• [Source material]
// The contacts linked by the node that they are from, and the first contact of a node.
ghost use Rattle.std.specs.Prelude.{◌≡◌, ◌+◌, ◌-◌, ◌*◌, ◌≤◌, ◌<◌, length, get_or};
ghost use Rattle.units.specs.Limits.{most_nodes, IsNode};
ghost use Rattle.plan.specs.Tables.{words, contact_at};
ghost use Rattle.plan_lists.specs.Lists.{Linked};
ghost use Rattle.plan_lists.specs.Leaving.{from_at, LinkableFrom};

use crate::linking::enter;
use plan::{Contact, Row};
use units::NodeNo;

// The node that contact k is from, counted from 0.
fn leaves(contacts: &[u64], k: usize) -> usize
    requires { (k * words + words ≤ length contacts.now) × IsNode (contact_at contacts.now k).from }
    ensures { (result ≡ from_at contacts.now k) × (result < most_nodes) }
{
    (Contact::read(contacts, k).from.0 - 1) as usize
}

// Links the first n contacts: `heads` has the first contact of each node, and `nexts` for each contact
// the next one from its node, with n where there is none. `link` has a loop of its own over `enter`: it reads
// a row once, for its slot and for the order.
pub fn link_from(contacts: &[u64], n: usize, heads: &mut [u16], nexts: &mut [u16])
    requires { LinkableFrom contacts.now n heads.old nexts.old }
    ensures { Linked (from_at contacts.now) n heads.new nexts.new × (length heads.new ≡ length heads.old) × (length nexts.new ≡ length nexts.old) }
{
    heads.fill(n as u16);
    for i in (0..n).rev() {
        enter(heads, nexts, leaves(contacts, i), i);
    }
}

// The row of the first contact from that node.
pub fn first_from(heads: &[u16], node: NodeNo) -> usize
    requires { IsNode node × (length heads.now ≡ most_nodes) }
    ensures { result ≡ get_or heads.now (node.0 - 1) 0 }
{
    let at = (node.0 - 1) as usize;
    usize::from(heads[at])
}
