//! Tables: first sets, LR(0) and canonical LR(1) states, their collapse, the test of states, parsing by states, and inlining.
//!
//! What stands here is what users of the tables see. The crates below hold it, with the definitions that the contracts cite.
#![tactic(auto)]

pub use lalrpop_lr1_build::builder::{Kernel, LookaheadBuild, Lr};
pub use lalrpop_lr1_build::collapse::collapse_to_lalr_states;
pub use lalrpop_lr1_build::{build_lr0_states, build_lr1_states_canonical};
pub use lalrpop_lr1_check::check_states;
pub use lalrpop_lr1_core::{
    Action, Conflict, Item, Items, Lookahead, LookaheadInterpret, Lr0Conflict, Lr0Item, Lr0Items,
    Lr0State, Lr0TableConstructionError, Lr1Conflict, Lr1Item, Lr1Items, Lr1Result, Lr1State,
    Lr1TableConstructionError, LrResult, Predecessors, State, StateGraph, StateIndex, Successors,
    SymbolSets, TableConstructionError, TableFault,
};
pub use lalrpop_lr1_first::FirstSets;
pub use lalrpop_lr1_inline::{InlineFault, inline, inline_order};
pub use lalrpop_lr1_interpret::parse::{
    ActionTable, Columns, ExpandedTree, NoTrees, Stop, TreeEntry, TreeLabel, TreeRef, TreeRefs,
    TreeStack, parse_limited,
};
pub use lalrpop_lr1_interpret::parse_trees::ParseTree;
pub use lalrpop_lr1_interpret::{InterpretError, InterpretFault, interpret, interpret_partial};
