// Of a cursor sequence.
fn of_cursor<W: Widths + Drop>(
    modes: &Modes,
    region: Region,
    surface: &Surface<W>,
    cursor: Cursor,
) -> Option<Request>
    requires stays { surface.now.is_failed ≡ false }
    requires order { region.top ≤ region.bottom }
    requires within { region.bottom < height (shown_by surface.now).screen }
    ensures { maybe_asked region result
        ≡ cursor_request (modes_in modes.now) region (shown_by surface.now).screen cursor }
{
    match cursor {
        Cursor::LinePositionAbsolute(line) => line_position(modes, region, surface, line),
        Cursor::Position { line, col } | Cursor::CharacterAndLinePosition { line, col } => {
            position(
                modes,
                region,
                surface,
                line.as_one_based(),
                col.as_one_based(),
            )
        }
        Cursor::SetTopAndBottomMargins { top, bottom } => margins(
            modes,
            region,
            surface,
            top.as_one_based(),
            bottom.as_one_based(),
        ),
        Cursor::SaveCursor => Some(Request::Switches(ScreenFunction::SaveCursor)),
        Cursor::RestoreCursor => Some(Request::Switches(ScreenFunction::RestoreCursor)),
        Cursor::RequestActivePositionReport => report(modes, region, surface),
        Cursor::ForwardTabulation(count) => Some(tab(modes, surface, count)),
        Cursor::BackwardTabulation(count) => Some(tab_back(modes, surface, count)),
        Cursor::TabulationClear(which) => clear(region, surface, which),
        Cursor::CursorStyle(style) => Some(Request::SetsAlone(Setting::Style(style))),
        other => of_rows(modes, region, surface, other),
    }
}

// REP: the last cluster of the run before, if there is one, as often as the screen has columns at most.
fn repeat<W: Widths + Drop>(
    modes: &Modes,
    region: Region,
    surface: &Surface<W>,
    count: u32,
) -> Option<Request>
    requires { surface.now.is_failed ≡ false }
    ensures { maybe_asked region result ≡ repeat_request (modes_in modes.now) (shown_by surface.now).screen count }
{
    if modes.last.is_empty() {
        return None;
    }
    let (width, height) = surface.dimensions();
    Some(Request::Repeats((count as usize).min(width.saturating_mul(height))))
}

// Of an edit: ECH, ICH, DCH, EL 0 and ED 0 at a pending wrap, EL 1, ED 1, SU, SD, IL, DL and REP.
fn of_edit<W: Widths + Drop>(
    modes: &Modes,
    region: Region,
    surface: &Surface<W>,
    edit: Edit,
) -> Option<Request>
    requires { surface.now.is_failed ≡ false }
    ensures { maybe_asked region result
        ≡ edit_request (modes_in modes.now) region (shown_by surface.now).screen edit }
{
    let function = match edit {
        Edit::EraseCharacter(count) => XtermFunction::EraseCharacters(count),
        Edit::InsertCharacter(count) => XtermFunction::InsertCharacters(count),
        Edit::DeleteCharacter(count) => XtermFunction::DeleteCharacters(count),
        Edit::EraseInLine(EraseInLine::EraseToStartOfLine) => XtermFunction::EraseToStartOfLine,
        Edit::EraseInLine(EraseInLine::EraseToEndOfLine) if is_pending(surface) => {
            XtermFunction::EraseToEndOfLine
        }
        Edit::EraseInDisplay(EraseInDisplay::EraseToStartOfDisplay) => {
            XtermFunction::EraseToStartOfDisplay
        }
        Edit::EraseInDisplay(EraseInDisplay::EraseToEndOfDisplay) if is_pending(surface) => {
            XtermFunction::EraseToEndOfDisplay
        }
        Edit::ScrollUp(count) => return Some(scroll_up(region, surface, count)),
        Edit::ScrollDown(count) => return Some(scroll_down(region, surface, count)),
        Edit::InsertLine(count) => {
            return where_between(region, surface, XtermFunction::InsertLines(count));
        }
        Edit::DeleteLine(count) => {
            return where_between(region, surface, XtermFunction::DeleteLines(count));
        }
        Edit::Repeat(count) => return repeat(modes, region, surface, count),
        _ => return None,
    };
    Some(Request::Xterm(function))
}

/// What an action asks for, if the table alone doesn't say it, on a surface that hasn't failed and where a region
/// scrolls.
#[tactic(auto, unfolding(terminal_table::specs::XtermRequests::xterm_request))]
pub(crate) fn xterm_request<W: Widths + Drop>(
    modes: &Modes,
    region: Region,
    surface: &Surface<W>,
    action: &Action,
) -> Option<Request>
    requires stays { surface.now.is_failed ≡ false }
    requires region { region ≡ region_on (modes_in modes.now) (shown_by surface.now).screen }
    requires order { region.top ≤ region.bottom }
    requires within { region.bottom < height (shown_by surface.now).screen }
    ensures { maybe_asked region result
        ≡ xterm_request (modes_in modes.now) (shown_by surface.now).screen (value_of action.now) }
{
    match action {
        Action::Control(code) => of_control(modes, region, surface, *code),
        Action::Esc(Esc::Code(code)) => of_escape(region, surface, *code),
        Action::Esc(
            Esc::Unspecified {
                intermediate,
                control,
            },
        ) => of_other_escape(region, surface, *intermediate, *control),
        Action::CSI(CSI::Cursor(cursor)) => of_cursor(modes, region, surface, *cursor),
        Action::CSI(CSI::Edit(edit)) => of_edit(modes, region, surface, *edit),
        Action::CSI(CSI::Mode(mode)) => of_mode(modes, region, surface, *mode),
        Action::CSI(CSI::Device(device)) => of_device(region, **device),
        Action::CSI(CSI::Unspecified(rest)) => of_other(modes, region, surface, rest),
        _ => None,
    }
}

• [Work instructions] Going through the entries above, show each line that contains "heads".

• [Response to the task]
// Links the first n contacts: `heads` has the first contact of each node, and `nexts` for each contact
pub fn link_from(contacts: &[u64], n: usize, heads: &mut [u16], nexts: &mut [u16])
    requires { LinkableFrom contacts.now n heads.old nexts.old }
    ensures { Linked (from_at contacts.now) n heads.new nexts.new × (length heads.new ≡ length heads.old) × (length nexts.new ≡ length nexts.old) }
    heads.fill(n as u16);
        enter(heads, nexts, leaves(contacts, i), i);
pub fn first_from(heads: &[u16], node: NodeNo) -> usize
    requires { IsNode node × (length heads.now ≡ most_nodes) }
    ensures { result ≡ get_or heads.now (node.0 - 1) 0 }
    usize::from(heads[at])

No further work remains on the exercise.